▶ **TASK**:
Please copy out the entries until you have copied the line that contains "result ≡ take_answer", beginning with the first line.

═══ LISTED ENTRIES ═══

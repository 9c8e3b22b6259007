//! The server's side: each move is accepted once, in order, however often its packets come.
ghost use Rattle.std.specs.Prelude.{◌≡◌, [], ◌+◌, ◌≤◌, length, IfOk, OnOk, OnErr};
ghost use Rattle.tn_types.specs.Histories.{Does, Answers};

use crate::faults::MoveGap;
use std::marker::Model;
use tn_types::MAX_LIFE;
use wire_format::MoveList;

/// How many moves of a client the server accepted. No call takes memory.
#[derive(Drop)]
pub struct MoveReceiver {
    life: u32,
    accepted: u32,
}

impl Model for MoveReceiver {
    ghost use Rattle.std.specs.Prelude.{◌≤◌};
    ghost use Rattle.tn_types.specs.declared.limits.TheConstants.{MAX_LIFE};
    ghost use Rattle.move_manager.specs.Accepting.{Receiver};

    ghost Value = { Receiver };

    ghost view = { λ r. record { life = r.life; accepted = r.accepted } };

    ghost invariant = { λ r. (r.accepted ≤ r.life) × (r.life ≤ MAX_LIFE) };
}

impl MoveReceiver {
    ghost use Rattle.move_manager.specs.Accepting.{Took, accepted_of, take_answer, StandsFor};

    /// No move yet. `life` is 1 to 16,777,215.
    pub fn new(life: u32) -> MoveReceiver
        requires least { 1 ≤ life }
        requires most { life ≤ MAX_LIFE }
        ensures value { result ≡ record { life = life; accepted = 0 } }
        ensures log { StandsFor result [] }
    {
        MoveReceiver { life, accepted: 0 }
    }

    /// Takes the moves of a packet, of which `first` is the number of the first, where `room` further ones have a
    /// place. The answer is how many are newly accepted: those from the number of moves accepted before on.
    /// `MoveGap` comes exactly where `first` is above that number, and nothing changes then
    /// (docs/connection.md, "Moves").
    #[tactic(auto, using(crate::proofs::Logs::accepted_more))]
    pub fn take(&mut self, first: u32, list: &MoveList, room: u32) -> Result<u32, MoveGap>
        ensures answer { result ≡ take_answer self.old (record { first = first; moves = list.now }) room }
        ensures accepted { IfOk result (λ n. self.new ≡ record self.old { accepted = self.old.accepted + n }) }
        ensures refused { OnErr result (self.new ≡ self.old) }
        ensures log { OnOk result (Does StandsFor self.old (Took (record { first = first; moves = list.now }) room) self.new) }
    {
        if first > self.accepted {
            return Err(MoveGap {
                first,
                accepted: self.accepted,
            });
        }
        let behind = first + list.len() as u32;
        let new = behind
            .saturating_sub(self.accepted)
            .min(room)
            .min(self.life - self.accepted);
        self.accepted += new;
        Ok(new)
    }

    /// How many moves were accepted so far, which is the number of the next one.
    pub fn accepted(&self) -> u32
        ensures value { result ≡ self.now.accepted }
        ensures within { result ≤ self.now.life }
        ensures log { Answers StandsFor self.now (λ log. length (accepted_of self.now.life log)) result }
    {
        self.accepted
    }
}
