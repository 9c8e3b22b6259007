//! What the simulation of a match in threads tells a connection, and the step that each message asks for.
#![tactic(auto)]

mod message;

pub use message::Message;
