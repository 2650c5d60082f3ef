//! Marking the variables that an `&` stands before (C11, 6.5.3.2), in one pass over a tree.

ghost use Rattle.std.specs.Prelude.{◌≡◌, ◌||◌, ℕ};
ghost use Rattle.c_typed.specs.Objects.{in_expr, in_exprs, in_place, in_stmt, in_stmts, is_of};
ghost use Rattle.c_typed.specs.Parts.{sequence};
ghost use Rattle.c_typed.specs.refinement.Views.{expr_of, list_of, place_of, sized_of, step_of, stmt_of};
ghost use Rattle.c_place.specs.refinement.Lists.{exprs_in};
ghost use Rattle.c_place.specs.refinement.Marks.{in_iteration, marked};

use crate::marks::Marks;
use c_typed::{Expr, Place, Sized, Stmt};

#[cycle(marking)]
fn place(marks: &mut Marks, p: &Place)
    ensures { marks.new ≡ marked (λ v. in_place v (place_of p.now)) marks.old }
{
    match p {
        Place::Of(_) => {}
        Place::Deref(e) => expr(marks, e),
        Place::Member(p, _, _) => place(marks, p),
    }
}

/// A place that an `&` stands before.
#[cycle(marking)]
fn address(marks: &mut Marks, p: &Place)
    ensures { marks.new ≡ marked (λ v. is_of v (place_of p.now) || in_place v (place_of p.now)) marks.old }
{
    match p {
        Place::Of(v) => marks.mark(*v),
        Place::Deref(e) => expr(marks, e),
        Place::Member(p, _, _) => place(marks, p),
    }
}

#[cycle(marking)]
fn exprs(marks: &mut Marks, es: &[Expr])
    ensures { marks.new ≡ marked (λ v. in_exprs v (exprs_in es.now)) marks.old }
{
    for e in es {
        expr(marks, e);
    }
}

/// The operand of a `sizeof`.
#[cycle(marking)]
fn sized(marks: &mut Marks, operand: &Sized)
    ensures { (n : ℕ) → marks.new ≡ marked (λ v. in_expr v (sized_of operand.now n)) marks.old }
{
    match operand {
        Sized::Place(p) => place(marks, p),
        Sized::Value(e) => expr(marks, e),
        Sized::Nothing => {}
    }
}

#[cycle(marking)]
fn expr(marks: &mut Marks, e: &Expr)
    ensures { marks.new ≡ marked (λ v. in_expr v (expr_of e.now)) marks.old }
{
    match e {
        Expr::Number(_, _) => {}
        Expr::Null => {}
        Expr::NoFunction => {}
        Expr::Function(_) => {}
        Expr::Literal(_) => {}
        Expr::Getchar => {}
        Expr::Abort => {}
        Expr::Read(_, p) => place(marks, p),
        Expr::Decay(_, _, p) => place(marks, p),
        Expr::Visit(p) => place(marks, p),
        Expr::Address(p) => address(marks, p),
        Expr::Convert(_, _, a) => expr(marks, a),
        Expr::Truth(_, a) => expr(marks, a),
        Expr::Not(a) => expr(marks, a),
        Expr::Unary(_, _, a) => expr(marks, a),
        Expr::Putchar(a) => expr(marks, a),
        Expr::Malloc(_, a) => expr(marks, a),
        Expr::Free(a) => expr(marks, a),
        Expr::Discard(a) => expr(marks, a),
        Expr::SizeOf(_, operand) => sized(marks, operand),
        Expr::Binary(_, _, a, b) => {
            expr(marks, a);
            expr(marks, b);
        }
        Expr::Compare(_, _, a, b) => {
            expr(marks, a);
            expr(marks, b);
        }
        Expr::ComparePointers(_, a, b) => {
            expr(marks, a);
            expr(marks, b);
        }
        Expr::SameFunction(_, a, b) => {
            expr(marks, a);
            expr(marks, b);
        }
        Expr::Difference(_, a, b) => {
            expr(marks, a);
            expr(marks, b);
        }
        Expr::Move(_, _, a, b) => {
            expr(marks, a);
            expr(marks, b);
        }
        Expr::MoveBy(_, a, b) => {
            expr(marks, a);
            expr(marks, b);
        }
        Expr::And(a, b) => {
            expr(marks, a);
            expr(marks, b);
        }
        Expr::Or(a, b) => {
            expr(marks, a);
            expr(marks, b);
        }
        Expr::Comma(a, b) => {
            expr(marks, a);
            expr(marks, b);
        }
        Expr::Calloc(_, a, b) => {
            expr(marks, a);
            expr(marks, b);
        }
        Expr::Choose(_, c, a, b) => {
            expr(marks, c);
            expr(marks, a);
            expr(marks, b);
        }
        Expr::Assign(_, p, a) => {
            place(marks, p);
            expr(marks, a);
        }
        Expr::Update(_, _, _, _, p, a) => {
            place(marks, p);
            expr(marks, a);
        }
        Expr::Advance(_, _, _, p, a) => {
            place(marks, p);
            expr(marks, a);
        }
        Expr::Copy(_, p, q) => {
            place(marks, p);
            place(marks, q);
        }
        Expr::Call(_, _, es) => exprs(marks, es),
        Expr::CallThrough(_, _, a, es) => {
            expr(marks, a);
            exprs(marks, es);
        }
    }
}

/// A statement.
#[cycle(statements)]
pub fn stmt(marks: &mut Marks, s: &Stmt)
    ensures { marks.new ≡ marked (λ v. in_stmt v (stmt_of s.now)) marks.old }
{
    match s {
        Stmt::Nothing => {}
        Stmt::ReturnNothing => {}
        Stmt::Break => {}
        Stmt::Continue => {}
        Stmt::Perform(e) => expr(marks, e),
        Stmt::Fill(p, _, _) => place(marks, p),
        Stmt::If(c, a, b) => {
            expr(marks, c);
            stmt(marks, a);
            stmt(marks, b);
        }
        Stmt::Loop(c, after, s) => {
            expr(marks, c);
            iteration(marks, after, s);
        }
        Stmt::DoWhile(s, c) => {
            stmt(marks, s);
            expr(marks, c);
        }
        Stmt::Switch(_, e, _, _, groups) => {
            expr(marks, e);
            stmts(marks, groups);
        }
        Stmt::Scope(_, ss) => stmts(marks, ss),
        Stmt::Return(e) => expr(marks, e),
    }
}

/// The body of a loop, and what is evaluated behind each iteration.
#[cycle(statements)]
fn iteration(marks: &mut Marks, after: &Option<Expr>, s: &Stmt)
    ensures { marks.new ≡ marked (λ v. in_iteration v (step_of after.now) (stmt_of s.now)) marks.old }
{
    match after {
        None => stmt(marks, s),
        Some(e) => {
            expr(marks, e);
            stmt(marks, s);
        }
    }
}

#[cycle(statements)]
fn stmts(marks: &mut Marks, ss: &[Stmt])
    ensures { marks.new ≡ marked (λ v. in_stmts v (sequence (list_of ss.now))) marks.old }
{
    for s in ss {
        stmt(marks, s);
    }
}
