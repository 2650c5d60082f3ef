//! Flags of variables, while a unit is walked over.

ghost use Rattle.std.specs.Prelude.{◌≡◌, ◌==◌, ◌||◌, false, [], map, IfOk, OnOk};
ghost use Rattle.c_types.specs.Types.{type_of};
ghost use Rattle.c_typed.specs.Objects.{in_expr, is_whole};
ghost use Rattle.c_typed.specs.Tree.{address, of};
ghost use Rattle.c_place.specs.refinement.Marks.{marked, marked_from};

use c_typed::Variable;
use c_types::CType;
use std::alloc::{AllocError, Global};
use std::marker::Model;
use std::mem;

/// Flags of the slots of a function, and of the variables at file scope.
#[derive(Drop)]
pub struct Marks {
    locals: Vec<bool>,
    globals: Vec<bool>,
    alloc: Global,
}

impl Model for Marks {
    ghost use Rattle.c_place.specs.refinement.Marks.{Marks};

    ghost Value = { Marks };

    ghost view = { λ m. record { locals = m.locals.items; globals = m.globals.items } };
}

impl Marks {
    /// No slots, and variables of these types at file scope, of which arrays and structs are marked.
    pub fn new(alloc: Global, globals: &[CType]) -> Result<Marks, AllocError>
        ensures locals { IfOk result (λ m. m.locals ≡ []) }
        ensures globals { IfOk result (λ m. m.globals ≡ map is_whole (map type_of globals.now)) }
    {
        let globals = wholes(alloc, globals)?;
        Ok(Marks {
            locals: Vec::new(alloc),
            globals,
            alloc,
        })
    }

    /// Goes on with slots of these types, of which arrays and structs are marked.
    pub fn begin(&mut self, slots: &[CType]) -> Result<(), AllocError>
        ensures locals { OnOk result (self.new.locals ≡ map is_whole (map type_of slots.now)) }
        ensures globals { self.new.globals ≡ self.old.globals }
    {
        self.locals = wholes(self.alloc, slots)?;
        Ok(())
    }

    /// The flags of the slots, after which there are none.
    pub fn take_locals(&mut self) -> Vec<bool>
        ensures result { result.items ≡ self.old.locals }
        ensures locals { self.new.locals ≡ [] }
        ensures globals { self.new.globals ≡ self.old.globals }
    {
        mem::replace(&mut self.locals, Vec::new(self.alloc))
    }

    /// The flags of the variables at file scope.
    pub fn into_globals(self) -> Vec<bool>
        ensures { result.items ≡ self.globals }
    {
        self.globals
    }

    /// A variable that an `&` stands before.
    pub fn mark(&mut self, v: Variable)
        ensures { self.new ≡ marked (λ u. in_expr u (address (of v))) self.old }
    {
        match v {
            Variable::Local(n) => set(&mut self.locals, n),
            Variable::Global(n) => set(&mut self.globals, n),
        }
    }
}

/// Sets the flag of this number, if there is one.
fn set(flags: &mut Vec<bool>, n: u32)
    ensures { flags.new.items ≡ marked_from 0 (λ m. m == n || false) flags.old.items }
{
    let place = n as usize;
    if place < flags.len() {
        flags[place] = true;
    }
}

/// Whether each of these types is that of an array or a struct.
fn wholes(alloc: Global, types: &[CType]) -> Result<Vec<bool>, AllocError>
    ensures { IfOk result (λ flags. flags.items ≡ map is_whole (map type_of types.now)) }
{
    let mut flags = Vec::new(alloc);
    for t in types {
        flags.push(whole(t))?;
    }
    Ok(flags)
}

fn whole(t: &CType) -> bool
    ensures { result ≡ is_whole (type_of t.now) }
{
    match t {
        CType::Array(_, _) => true,
        CType::Struct(_) => true,
        CType::Void => false,
        CType::Int(_) => false,
        CType::Pointer(_) => false,
        CType::Function(_) => false,
    }
}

═══

▶ **COMPLETED TASK**:
repository 9c8e3b22b6259007
//! The server's side: each move is accepted once, in order, however often its packets come.
ghost use Rattle.std.specs.Prelude.{◌≡◌, [], ◌+◌, ◌≤◌, length, IfOk, OnOk, OnErr};
ghost use Rattle.tn_types.specs.Histories.{Does, Answers};

use crate::faults::MoveGap;
use std::marker::Model;
use tn_types::MAX_LIFE;
use wire_format::MoveList;

/// How many moves of a client the server accepted. No call takes memory.
#[derive(Drop)]
pub struct MoveReceiver {
    life: u32,
    accepted: u32,
}

impl Model for MoveReceiver {
    ghost use Rattle.std.specs.Prelude.{◌≤◌};
    ghost use Rattle.tn_types.specs.declared.limits.TheConstants.{MAX_LIFE};
    ghost use Rattle.move_manager.specs.Accepting.{Receiver};

    ghost Value = { Receiver };

    ghost view = { λ r. record { life = r.life; accepted = r.accepted } };

    ghost invariant = { λ r. (r.accepted ≤ r.life) × (r.life ≤ MAX_LIFE) };
}

impl MoveReceiver {
    ghost use Rattle.move_manager.specs.Accepting.{Took, accepted_of, take_answer, StandsFor};

    /// No move yet. `life` is 1 to 16,777,215.
    pub fn new(life: u32) -> MoveReceiver
        requires least { 1 ≤ life }
        requires most { life ≤ MAX_LIFE }
        ensures value { result ≡ record { life = life; accepted = 0 } }
        ensures log { StandsFor result [] }
    {
        MoveReceiver { life, accepted: 0 }
    }

    /// Takes the moves of a packet, of which `first` is the number of the first, where `room` further ones have a
    /// place. The answer is how many are newly accepted: those from the number of moves accepted before on.
    /// `MoveGap` comes exactly where `first` is above that number, and nothing changes then
    /// (docs/connection.md, "Moves").
    #[tactic(auto, using(crate::proofs::Logs::accepted_more))]
    pub fn take(&mut self, first: u32, list: &MoveList, room: u32) -> Result<u32, MoveGap>
        ensures answer { result ≡ take_answer self.old (record { first = first; moves = list.now }) room }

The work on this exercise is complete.